::: Data to process

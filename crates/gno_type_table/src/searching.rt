// Searches for the methods of the types that stand among rows.
ghost use Rattle.std.specs.Prelude.{◌≡◌, ◌<◌, ◌+◌, ◌⊎◌, ℕ, IfOk, OnErr, OnOk, Some, length};
ghost use Rattle.gno_promotion.specs.Searches.{IsSearch};
ghost use Rattle.gno_promotion.specs.declared.found.Search.{Search};
ghost use Rattle.gno_terms.specs.declared.term.TypeRef.{TypeRef};
ghost use Rattle.gno_terms.specs.Tables.{Below, Is, PartsBelow, deep, error_interface};
ghost use Rattle.gno_type_table.specs.Kept.{AreKept, IsAt, IsKept, IsSearched, MayWait, StayPast, WaitsFrom, awaited_by};

use crate::keeping::{put, waits_for};
use gno_base::List;
use gno_promotion::{Search, find_methods};
use gno_terms::{Term, TypeRef};
use gno_type_rows::Rows;
use std::alloc::{AllocError, Global};

/// Searches for the methods of a type that does not stand among the rows yet.
pub(crate) fn search_new(
    alloc: Global,
    rows: &Rows,
    error: TypeRef,
    term: &Term,
) -> Result<Search, AllocError>
    requires error { Is rows.now error error_interface }
    requires parts { PartsBelow (length rows.now.types) term.now }
    requires new { (t : TypeRef) → Is rows.now t (deep rows.now.types term.now) → ⊥ }
    ensures { IfOk result (λ it. IsSearch rows.now (deep rows.now.types term.now) it) }
{
    rows.has_each_defined();
    match term {
        Term::Defined { .. } => Ok(Search::Blocked(List::new(alloc))),
        _ => find_methods(alloc, rows, error, TypeRef(rows.len() as u64), term),
    }
}

/// Searches anew for the methods of a type. An `Err` changes nothing.
pub(crate) fn search_at(
    alloc: Global,
    rows: &Rows,
    error: TypeRef,
    number: usize,
    searches: &mut [Search],
    awaited: &mut [bool],
) -> Result<(), AllocError>
    requires error { Is rows.now error error_interface }
    requires number { number < length rows.now.types }
    requires size { length searches.old ≡ length rows.now.types }
    requires flags { length awaited.old ≡ length rows.now.types }
    ensures ok { OnOk result (IsSearched rows.now number searches.old searches.new awaited.old awaited.new) }
    ensures err { OnErr result ((searches.new ≡ searches.old) × (awaited.new ≡ awaited.old)) }
{
    rows.have_one_number();
    let own = TypeRef(number as u64);
    let search = find_methods(alloc, rows, error, own, rows.term(own))?;
    put(searches, awaited, number, search);
    Ok(())
}

/// Searches for the methods of all types.
pub(crate) fn search_all(
    alloc: Global,
    rows: &Rows,
    error: TypeRef,
    searches: &mut [Search],
    awaited: &mut [bool],
) -> Result<(), AllocError>
    requires error { Is rows.now error error_interface }
    requires kept { AreKept (λ _ _. Unit {0}) (length rows.now.types) searches.old awaited.old }
    ensures { OnOk result (IsKept rows.now searches.new awaited.new) }
{
    for number in 0..rows.len() {
        search_at(alloc, rows, error, number, searches, awaited)?;
    }
    Ok(())
}

/// Searches anew for the methods of a type that was defined, and of those whose searches wait for it. After an `Err` each search
/// is right for the rows with the definition or without it.
pub(crate) fn wake(
    alloc: Global,
    rows: &Rows,
    error: TypeRef,
    defined: TypeRef,
    searches: &mut [Search],
    awaited: &mut [bool],
) -> Result<(), AllocError>
    requires error { Is rows.now error error_interface }
    requires defined { Below (length rows.now.types) defined }
    requires kept { AreKept (MayWait rows.now defined) (length rows.now.types) searches.old awaited.old }
    ensures ok { OnOk result (IsKept rows.now searches.new awaited.new) }
    ensures past { StayPast rows.now searches.old searches.new awaited.old awaited.new }
{
    let number = defined.0 as usize;
    search_at(alloc, rows, error, number, searches, awaited)?;
    if awaited[number] {
        wake_all(alloc, rows, error, defined, searches, awaited)
    } else {
        Ok(())
    }
}

fn wake_all(
    alloc: Global,
    rows: &Rows,
    error: TypeRef,
    defined: TypeRef,
    searches: &mut [Search],
    awaited: &mut [bool],
) -> Result<(), AllocError>
    requires error { Is rows.now error error_interface }
    requires kept { AreKept (WaitsFrom rows.now defined 0) (length rows.now.types) searches.old awaited.old }
    ensures ok { OnOk result (IsKept rows.now searches.new awaited.new) }
    ensures past { StayPast rows.now searches.old searches.new awaited.old awaited.new }
{
    for number in 0..rows.len() {
        wake_one(alloc, rows, error, defined, number, searches, awaited)?;
    }
    Ok(())
}

fn wake_one(
    alloc: Global,
    rows: &Rows,
    error: TypeRef,
    defined: TypeRef,
    number: usize,
    searches: &mut [Search],
    awaited: &mut [bool],
) -> Result<(), AllocError>
    requires error { Is rows.now error error_interface }
    requires number { number < length rows.now.types }
    requires kept { AreKept (WaitsFrom rows.now defined number) (length rows.now.types) searches.old awaited.old }
    ensures ok { OnOk result (AreKept (WaitsFrom rows.now defined (number + 1)) (length rows.now.types) searches.new awaited.new) }
    ensures past { StayPast rows.now searches.old searches.new awaited.old awaited.new }
{
    if waits_for(&searches[number], defined) {
        search_at(alloc, rows, error, number, searches, awaited)
    } else {
        Ok(())
    }
}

::::::

Description of the task
Please set down each line of the records exactly as given.

Answer section
filename crates/gno_type_table/src/searching.rt
// Searches for the methods of the types that stand among rows.
ghost use Rattle.std.specs.Prelude.{◌≡◌, ◌<◌, ◌+◌, ◌⊎◌, ℕ, IfOk, OnErr, OnOk, Some, length};
ghost use Rattle.gno_promotion.specs.Searches.{IsSearch};
ghost use Rattle.gno_promotion.specs.declared.found.Search.{Search};
ghost use Rattle.gno_terms.specs.declared.term.TypeRef.{TypeRef};
ghost use Rattle.gno_terms.specs.Tables.{Below, Is, PartsBelow, deep, error_interface};
ghost use Rattle.gno_type_table.specs.Kept.{AreKept, IsAt, IsKept, IsSearched, MayWait, StayPast, WaitsFrom, awaited_by};

use crate::keeping::{put, waits_for};
use gno_base::List;
use gno_promotion::{Search, find_methods};
use gno_terms::{Term, TypeRef};
use gno_type_rows::Rows;
use std::alloc::{AllocError, Global};

/// Searches for the methods of a type that does not stand among the rows yet.
pub(crate) fn search_new(
    alloc: Global,
    rows: &Rows,
    error: TypeRef,
    term: &Term,
) -> Result<Search, AllocError>
    requires error { Is rows.now error error_interface }
    requires parts { PartsBelow (length rows.now.types) term.now }
    requires new { (t : TypeRef) → Is rows.now t (deep rows.now.types term.now) → ⊥ }
    ensures { IfOk result (λ it. IsSearch rows.now (deep rows.now.types term.now) it) }
{
    rows.has_each_defined();
    match term {
        Term::Defined { .. } => Ok(Search::Blocked(List::new(alloc))),
        _ => find_methods(alloc, rows, error, TypeRef(rows.len() as u64), term),
    }
}

/// Searches anew for the methods of a type. An `Err` changes nothing.
pub(crate) fn search_at(
    alloc: Global,
    rows: &Rows,
    error: TypeRef,
    number: usize,
    searches: &mut [Search],
    awaited: &mut [bool],
) -> Result<(), AllocError>
    requires error { Is rows.now error error_interface }
    requires number { number < length rows.now.types }
    requires size { length searches.old ≡ length rows.now.types }
    requires flags { length awaited.old ≡ length rows.now.types }
    ensures ok { OnOk result (IsSearched rows.now number searches.old searches.new awaited.old awaited.new) }
    ensures err { OnErr result ((searches.new ≡ searches.old) × (awaited.new ≡ awaited.old)) }
{
    rows.have_one_number();
    let own = TypeRef(number as u64);
    let search = find_methods(alloc, rows, error, own, rows.term(own))?;
    put(searches, awaited, number, search);
    Ok(())
}

/// Searches for the methods of all types.
pub(crate) fn search_all(
    alloc: Global,
    rows: &Rows,
    error: TypeRef,
    searches: &mut [Search],
    awaited: &mut [bool],
) -> Result<(), AllocError>
    requires error { Is rows.now error error_interface }
    requires kept { AreKept (λ _ _. Unit {0}) (length rows.now.types) searches.old awaited.old }
    ensures { OnOk result (IsKept rows.now searches.new awaited.new) }
{
    for number in 0..rows.len() {
        search_at(alloc, rows, error, number, searches, awaited)?;
    }
    Ok(())
}

/// Searches anew for the methods of a type that was defined, and of those whose searches wait for it. After an `Err` each search
/// is right for the rows with the definition or without it.
pub(crate) fn wake(
    alloc: Global,
    rows: &Rows,
    error: TypeRef,
    defined: TypeRef,
    searches: &mut [Search],
    awaited: &mut [bool],
) -> Result<(), AllocError>
    requires error { Is rows.now error error_interface }
    requires defined { Below (length rows.now.types) defined }
    requires kept { AreKept (MayWait rows.now defined) (length rows.now.types) searches.old awaited.old }
    ensures ok { OnOk result (IsKept rows.now searches.new awaited.new) }
    ensures past { StayPast rows.now searches.old searches.new awaited.old awaited.new }
{
    let number = defined.0 as usize;
    search_at(alloc, rows, error, number, searches, awaited)?;
    if awaited[number] {
        wake_all(alloc, rows, error, defined, searches, awaited)
    } else {
        Ok(())
    }
}

fn wake_all(
    alloc: Global,
    rows: &Rows,
    error: TypeRef,
    defined: TypeRef,
    searches: &mut [Search],
    awaited: &mut [bool],
) -> Result<(), AllocError>
    requires error { Is rows.now error error_interface }
    requires kept { AreKept (WaitsFrom rows.now defined 0) (length rows.now.types) searches.old awaited.old }
    ensures ok { OnOk result (IsKept rows.now searches.new awaited.new) }
    ensures past { StayPast rows.now searches.old searches.new awaited.old awaited.new }
{
    for number in 0..rows.len() {
        wake_one(alloc, rows, error, defined, number, searches, awaited)?;
    }
    Ok(())
}

fn wake_one(
    alloc: Global,
    rows: &Rows,
    error: TypeRef,
    defined: TypeRef,
    number: usize,
    searches: &mut [Search],
    awaited: &mut [bool],
) -> Result<(), AllocError>
    requires error { Is rows.now error error_interface }
    requires number { number < length rows.now.types }
    requires kept { AreKept (WaitsFrom rows.now defined number) (length rows.now.types) searches.old awaited.old }
    ensures ok { OnOk result (AreKept (WaitsFrom rows.now defined (number + 1)) (length rows.now.types) searches.new awaited.new) }
    ensures past { StayPast rows.now searches.old searches.new awaited.old awaited.new }
{
    if waits_for(&searches[number], defined) {
        search_at(alloc, rows, error, number, searches, awaited)
    } else {
        Ok(())
    }
}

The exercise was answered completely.